Es war ein Versprechen, das Angela Merkel abgab: Deutschland werde sich für die Rechte der Sinti und Roma einsetzen. Das war am 24. Oktober, in Berlin wurde damals ein Mahnmal für 500.000 Sinti und Roma eingeweiht, die von den Nazis ermordet wurden. Die Kanzlerin erklärte den Kampf gegen die Diskriminierung zur Staatsaufgabe. Aber das Engagement währte offenbar nicht lang.
An diesem Mittwoch wird Vertretern des Menschenrechtsausschusses im Bundestag ein Gutachten vorgestellt, das beschreibt, was sonst so geschah in diesem Bereich: nicht viel. Antiziganismus, also Rassismus gegen Sinti und Roma, sei in Deutschland weit verbreitet, heißt es in dem Dokument. Die Bundesregierung nehme ihn jedoch tatenlos hin.
Die Studie dokumentiert, wie sich der Rassismus gegen Sinti und Roma in den vergangenen zwei Jahren in Deutschland ausgebreitet
– In Klinghain, Sachsen, brannte ein Wohnhaus nach einem Anschlag aus. Die Bewohner waren zuvor als „Zigeuner“ beschimpft und attackiert worden. „Haut ab, ihr Kanaken“, schrieben die Angreifer auf einen Zettel. Die Polizei schloss nach der Tat einen „fremdenfeindlichen Hintergrund“ dennoch aus.

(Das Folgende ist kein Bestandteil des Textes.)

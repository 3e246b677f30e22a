//! A graph of a component's ports alone, in place of the graph of all that it is made of, where that is smaller.
ghost use Rattle.std.specs.Prelude.{◌≡◌, ◌↔◌, ◌<◌, ℕ, Some, length, slice_get, Contains, IfOk, IfSome};
ghost use Rattle.hw_cells.specs.PartGraph.{LeadsAlike};
ghost use Rattle.hw_cells.specs.inside.Ports.{IsOfPorts, IsPinBetween};

use crate::cell::{Cell, Pin};
use crate::condensed::condense;
use crate::part_graph::PartGraph;
use hw_bits::Memory;
use hw_graph::Groups;
use std::alloc::Global;

/// The ports from one number to another that have nodes, with these.
fn pins_between(
    alloc: Global,
    nodes: &[Option<usize>],
    start: usize,
    end: usize,
) -> Result<Vec<Pin>, Memory>
    ensures { IfOk result (λ pins. (pin : Pin) → Contains pins.items pin ↔ IsPinBetween nodes.now start end pin) }
{
    let mut pins = Vec::new(alloc);
    for port in start..end {
        if let Some(node) = nodes.get(port).copied().flatten() {
            pins.push(Pin { port, node })?;
        }
    }
    Ok(pins)
}

/// A graph of the component's ports alone, by their numbers, where that is smaller than its own.
fn graph_of_ports(alloc: Global, part: &PartGraph) -> Result<Option<Groups>, Memory>
    ensures { IfOk result (λ kept. IfSome kept (IsOfPorts part.now)) }
{
    let ports = part.nodes.len();
    let nodes = part.nodes.as_slice();
    let cell = Cell {
        part: 0,
        reads: &part.reads,
        told: None,
        outputs: pins_between(alloc, nodes, part.inputs, ports)?,
        inputs: pins_between(alloc, nodes, 0, part.inputs)?,
    };
    condense(alloc, ports, &cell)
}

/// The numbers below the count, as nodes.
fn numbers(alloc: Global, count: usize) -> Result<Vec<Option<usize>>, Memory>
    ensures all { IfOk result (λ nodes. length nodes.items ≡ count) }
    ensures each { IfOk result (λ nodes. (n : ℕ) → n < count → slice_get nodes.items n ≡ Some (Some n)) }
{
    let mut nodes = Vec::new(alloc);
    for number in 0..count {
        nodes.push(Some(number))?;
    }
    Ok(nodes)
}

/// The same with a graph of the ports alone, by their numbers, where that is smaller: each cell of the component is a search of the graph,
/// or a copy.
pub fn condense_graph(alloc: Global, part: PartGraph) -> Result<PartGraph, Memory>
    ensures { IfOk result (LeadsAlike part) }
{
    let Some(reads) = graph_of_ports(alloc, &part)? else {
        return Ok(part);
    };
    let nodes = numbers(alloc, part.nodes.len())?;
    Ok(PartGraph {
        reads,
        nodes,
        inputs: part.inputs,
    })
}
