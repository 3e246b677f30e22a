//! Entries between cells' ports alone, with no copy of the graph of what the cells are made of.
ghost use Rattle.std.specs.Prelude.{◌≡◌, ◌<◌, ◌≤◌, ◌++◌, ℕ, All, List, length, map, IfOk, OnOk};
ghost use Rattle.hw_graph.specs.Graph.{AreInRange, IsReadOrder};
ghost use Rattle.hw_cells.specs.inside.Pairs.{AddsPairs, AddsStarts, IsWithin, has_bit, pair_entries};
ghost use Rattle.hw_cells.specs.inside.Words.{TellReached};
ghost use Rattle.hw_cells.specs.declared.pairs.Start.{Start};

use crate::cell::{Cell, Pin};
use crate::together::{TOGETHER, reached_together};
use hw_bits::Memory;
use hw_graph::{Entry, Groups};
use std::alloc::Global;

/// An output of a cell, with the inputs of the cell.
#[derive(Clone, Copy, Debug)]
pub struct Start<'a> {
    pub output: Pin,
    pub inputs: &'a [Pin],
}

/// Adds the cell's outputs, each with the cell's inputs, where it has any.
pub fn add_starts<'a>(starts: &mut Vec<Start<'a>>, cell: &'a Cell) -> Result<(), Memory>
    ensures { OnOk result (AddsStarts cell.now starts.old.items starts.new.items) }
{
    if cell.inputs.is_empty() {
        return Ok(());
    }
    for output in cell.outputs.as_slice() {
        starts.push(Start {
            output: *output,
            inputs: &cell.inputs,
        })?;
    }
    Ok(())
}

/// Adds that the start's output reads those of its inputs whose word has this bit.
fn add_pairs_of(
    entries: &mut Vec<Entry>,
    words: &[u64],
    bit: usize,
    start: &Start,
) -> Result<(), Memory>
    requires bit { bit < 64 }
    requires words { All (λ input. input.node < length words.now) start.now.inputs.now }
    ensures { OnOk result (entries.new.items ≡ entries.old.items ++ pair_entries (has_bit words.now bit) start.now) }
{
    for input in start.inputs {
        if words[input.node] >> bit & 1 == 1 {
            entries.push(Entry {
                key: start.output.port,
                value: input.port,
            })?;
        }
    }
    Ok(())
}

/// The nodes of the starts' outputs.
fn output_nodes(alloc: Global, starts: &[Start]) -> Result<Vec<usize>, Memory>
    ensures { IfOk result (λ nodes. nodes.items ≡ map (λ (start : Start). start.output.node) starts.now) }
{
    let mut nodes = Vec::new(alloc);
    for start in starts {
        nodes.push(start.output.node)?;
    }
    Ok(nodes)
}

/// Adds which of its inputs the output of each of these starts reads: the words tell what the nodes of the outputs reach.
fn add_pairs_by(entries: &mut Vec<Entry>, words: &[u64], starts: &[Start]) -> Result<(), Memory>
    requires few { length starts.now ≤ 64 }
    requires within { All (IsWithin (length words.now)) starts.now }
    ensures { (reads : List (List ℕ)) → TellReached reads (map (λ (start : Start). start.output.node) starts.now) words.now
        → OnOk result (AddsPairs reads starts.now entries.old.items entries.new.items) }
{
    for (bit, start) in starts.iter().enumerate() {
        add_pairs_of(entries, words, bit, start)?;
    }
    Ok(())
}

/// Adds which of its inputs the output of each of these starts reads, of which there are no more than a word has bits.
fn add_pairs_together(
    alloc: Global,
    entries: &mut Vec<Entry>,
    reads: &Groups,
    order: &[usize],
    starts: &[Start],
) -> Result<(), Memory>
    requires in_range { AreInRange reads.now }
    requires order { IsReadOrder reads.now order.now }
    requires few { length starts.now ≤ 64 }
    requires within { All (IsWithin (length reads.now)) starts.now }
    ensures { OnOk result (AddsPairs reads.now starts.now entries.old.items entries.new.items) }
{
    let nodes = output_nodes(alloc, starts)?;
    let words = reached_together(alloc, reads, order, &nodes)?;
    add_pairs_by(entries, &words, starts)
}

/// Adds which of its inputs the output of each start reads through the graph, whose nodes come in the order after all that they
/// read.
pub fn add_pairs(
    alloc: Global,
    entries: &mut Vec<Entry>,
    reads: &Groups,
    order: &[usize],
    starts: &[Start],
) -> Result<(), Memory>
    requires in_range { AreInRange reads.now }
    requires order { IsReadOrder reads.now order.now }
    requires within { All (IsWithin (length reads.now)) starts.now }
    ensures { OnOk result (AddsPairs reads.now starts.now entries.old.items entries.new.items) }
{
    for some in starts.chunks(TOGETHER) {
        add_pairs_together(alloc, entries, reads, order, some)?;
    }
    Ok(())
}
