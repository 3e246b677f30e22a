//! Graphs of ports that read one another, at once or through cells that have graphs of their own.
//!
//! In: for each port of a holder the ports that it reads, as entries by number; and its cells, each with the graph of what it is
//! made of, and the nodes in that graph of those of the holder's ports that are the cell's outputs and inputs (`Cell`). Out: one graph
//! for all, in which ports reach ports exactly as they do at once and through cells (`flatten`).
//!
//!     a reads x.o, x.i reads a           the cell x: o reads w, w reads i
//!     by pairs: a reads x.o, x.o reads x.i, x.i reads a    by a copy: a reads x.o, x.o reads o', o' reads w', w' reads i', i' reads x.i, x.i reads a
//!
//! What a cell's outputs reach of its inputs can be as many pairs as there are outputs times inputs, where the graph of what it is made
//! of has some entries a port. So a cell with many pins gets a copy of that graph (`flat`): its nodes are numbered behind the ports, each of
//! the cell's outputs reads its node, and the node of each input reads the input. Of a cell with few pins the inputs that its outputs read
//! are found, and added alone (`pairs`). The cells of one component are gone through together (`parts`). Where their outputs reach little, a
//! search from each finds it (`search`); else 64 of them are gone through by one walk over the component's graph, in which each has a bit of its
//! own in a word of each node (`together`).
//!
//! Where many holders have cells of one component, each would walk over its graph. So for all of these cells together it can be told which of
//! their outputs reach which of their inputs, as soon as that graph is known and before the holders are gone through (`told`); a cell that
//! comes with what is told of it takes no walk (`told_pairs`). And where that makes a component's graph smaller, it is given a graph of its
//! ports alone, once: each output reads the inputs that it reaches (`condense`, `condense_graph` for what holders keep of a component, `PartGraph`).
//!
//! What the layer above uses: `flatten` gives a graph (`IsFlat`) whose first nodes are the ports; between them it reaches exactly what is
//! reached at once and through cells, and a loop in it that starts with a port is one of ports, but for the nodes between. In the graph
//! that `condense` gives, a port reaches another exactly where it reads it through the cell (`IsCondensed`), and after `condense_graph`
//! each output leads to the same inputs (`LeadsAlike`). What `tell` says of outputs and inputs, by their nodes, is so in the graph
//! (`IsTold`).
#![tactic(auto)]

mod cell;
mod condensed;
mod flat;
mod pairs;
mod part_graph;
mod parts;
mod ports_alone;
mod search;
mod together;
mod told;
mod told_pairs;

pub use cell::{Cell, CellPin, Pin};
pub use condensed::condense;
pub use flat::flatten;
pub use part_graph::PartGraph;
pub use ports_alone::condense_graph;
pub use together::TOGETHER;
pub use told::{Told, tell};
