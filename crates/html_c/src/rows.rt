//! A tree as rows of numbers and as the bytes of its words, which are counted, and written where there is room; and where its nodes came from.

ghost use Rattle.std.specs.Prelude.{◌≡◌, ◌<◌, ◌≤◌, ◌⊎◌, true, length, flat_map, map, IfErr, MatchResult};
ghost use Rattle.names.specs.Names.{text_of};
ghost use Rattle.html_c.specs.Vocabulary.{Memory, PutsAt, greatest, mapped_attribute, what_of, ended_attribute, ended_word, link_to, parsed_rows, parsed_words, put_over, row_at, words_at, parsed_origins, origin_at};

use crate::answer::{NodeRow, OriginRow};
use crate::room::{put_at, put_one};
use hnodes::{Attrs, NodeId, Tree};
use hparse::{Origin, Parsed};
use hserialize::NodeView;
use names::{Names, Refusal};

/// What ends a word, and what ends the words of a node. Neither is in a UTF-8 text.
const WORD_END: u8 = 0xFF;

const NODE_END: u8 = 0xFE;

/// Puts a word at a place, and returns the place after it, as do the next.
#[inline(always)]
fn put_word(word: &str, room: &mut [u8], at: usize) -> usize
    ensures { PutsAt at (ended_word word.now) room.old room.new result }
{
    let end = put_at(word.as_bytes(), room, at);
    put_one(WORD_END, room, end)
}

#[inline(always)]
fn put_attributes(names: &Names, attrs: Attrs, room: &mut [u8], at: usize) -> usize
    ensures { PutsAt at (flat_map ended_attribute (map (mapped_attribute (text_of names.now)) attrs.entry)) room.old room.new result }
{
    let mut at = at;
    for (name, value) in attrs {
        let end = put_word(names.text(name), room, at);
        at = put_word(value, room, end);
    }
    at
}

#[inline(always)]
fn put_words(tree: &Tree, names: &Names, node: NodeId, room: &mut [u8], at: usize) -> usize
    requires { node < tree.now.made }
    ensures { PutsAt at (words_at (text_of names.now) (what_of node tree.now.trees)) room.old room.new result }
{
    match NodeView::of(tree, node) {
        NodeView::Document => at,
        NodeView::Doctype(texts) => {
            let public_id = put_word(&texts.name, room, at);
            let system_id = put_word(&texts.public_id, room, public_id);
            put_word(&texts.system_id, room, system_id)
        }
        NodeView::Element(name, attrs) => {
            let end = put_word(names.text(name), room, at);
            put_attributes(names, attrs, room, end)
        }
        NodeView::Comment(text) => put_word(text, room, at),
        NodeView::Text(text) => put_word(text, room, at),
    }
}

fn link_to(node: Option<NodeId>) -> u32
    ensures { result ≡ link_to node }
{
    match node {
        Some(node) => node.index() as u32,
        None => u32::MAX,
    }
}

fn row_at(tree: &Tree, node: NodeId) -> NodeRow
    requires { node < tree.now.made }
    ensures { result ≡ row_at node tree.now.trees }
{
    NodeRow {
        number: link_to(Some(node)),
        kind: tree.kind(node) as u32,
        parent: link_to(tree.parent(node)),
        first_child: link_to(tree.first_child(node)),
        next: link_to(tree.next(node)),
    }
}

/// Puts the rows and the words of what was parsed, each at the beginning of a room. Returns the places after them.
/// Compiled for each call by itself, so that with empty rooms it counts and does no more.
#[inline(always)]
fn put_parsed(parsed: &Parsed, rows: &mut [NodeRow], words: &mut [u8]) -> (usize, usize)
    ensures rows { PutsAt 0 (parsed_rows parsed.now) rows.old rows.new result.0 }
    ensures words { PutsAt 0 (parsed_words parsed.now) words.old words.new result.1 }
{
    let tree = &parsed.tree;
    let mut row_end = 0;
    let mut word_end = 0;
    for node in tree.descendants(parsed.root) {
        row_end = put_one(row_at(tree, node), rows, row_end);
        word_end = put_words(tree, &parsed.names, node, words, word_end);
        word_end = put_one(NODE_END, words, word_end);
    }
    (row_end, word_end)
}

/// A tree that was parsed, and how many rows, and how many bytes of words, it has.
#[derive(Drop)]
pub(crate) struct Rows {
    pub(crate) parsed: Parsed,
    pub(crate) nodes: usize,
    pub(crate) words: usize,
    ghost nodes_are: { nodes ≡ length (parsed_rows parsed) },
    ghost words_are: { words ≡ length (parsed_words parsed) },
}

impl Rows {
    /// Counts them, if numbers are large enough for that.
    pub(crate) fn of(parsed: Parsed) -> Result<Rows, Refusal>
        ensures counted { MatchResult result (λ rows. rows.parsed ≡ parsed) (λ refusal. refusal ≡ Memory) }
        ensures too_many { IfErr result (λ e. (greatest ≤ length (parsed_rows parsed)) ⊎ (greatest ≤ length (parsed_words parsed))) }
    {
        let (nodes, words) = put_parsed(&parsed, &mut [], &mut []);
        if nodes == usize::MAX || words == usize::MAX {
            return Err(Refusal::Memory);
        }
        Ok(Rows {
            parsed,
            nodes,
            words,
        })
    }

    /// Writes them to the beginnings of their rooms, if they are to be written.
    pub(crate) fn put(&self, fits: bool, rows: &mut [NodeRow], words: &mut [u8])
        requires rows { fits ≡ true → length (parsed_rows self.now.parsed) ≤ length rows.old }
        requires words { fits ≡ true → length (parsed_words self.now.parsed) ≤ length words.old }
        ensures rows { rows.new ≡ put_over fits (parsed_rows self.now.parsed) rows.old }
        ensures words { words.new ≡ put_over fits (parsed_words self.now.parsed) words.old }
    {
        if fits {
            put_parsed(&self.parsed, rows, words);
        }
    }
}

/// How a node came to be as a row, by a list of how the nodes came to be.
fn origin_at(list: &[Origin], node: NodeId) -> OriginRow
    ensures { result ≡ origin_at list.now node }
{
    match list.get(node.index()) {
        Some(origin) => OriginRow {
            at: origin.at,
            in_source: u32::from(origin.in_source),
            again_of: link_to(origin.again_of),
        },
        None => OriginRow {
            at: 0,
            in_source: 0,
            again_of: u32::MAX,
        },
    }
}

/// Writes the rows of what was parsed to the beginning of a room, if the places were asked for, and the rows are to be written.
pub(crate) fn put_origins(fits: bool, parsed: &Parsed, room: &mut [OriginRow])
    requires { fits ≡ true → length (parsed_origins parsed.now) ≤ length room.old }
    ensures { room.new ≡ put_over fits (parsed_origins parsed.now) room.old }
{
    if fits {
        if let Some(list) = &parsed.places {
            let mut at = 0;
            for node in parsed.tree.descendants(parsed.root) {
                at = put_one(origin_at(list, node), room, at);
            }
        }
    }
}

– Ein Mann aus Nordfranken misshandelte wiederholt Frauen an der deutsch-tschechischen Grenze. Als Motiv gab er vor Gericht „Hass gegen Roma“ an.
– In Gelsenkirchen wurden 17 Wohnwagen in einem Viertel niedergebrannt, in dem Roma wohnen.
– Eine Stele in Merseburg, Sachsen-Anhalt, die an die Deportation der Sinti und Roma in Nazi-Deutschland erinnert, wurde allein zwischen Dezember 2009 und Januar 2012 siebenmal geschändet.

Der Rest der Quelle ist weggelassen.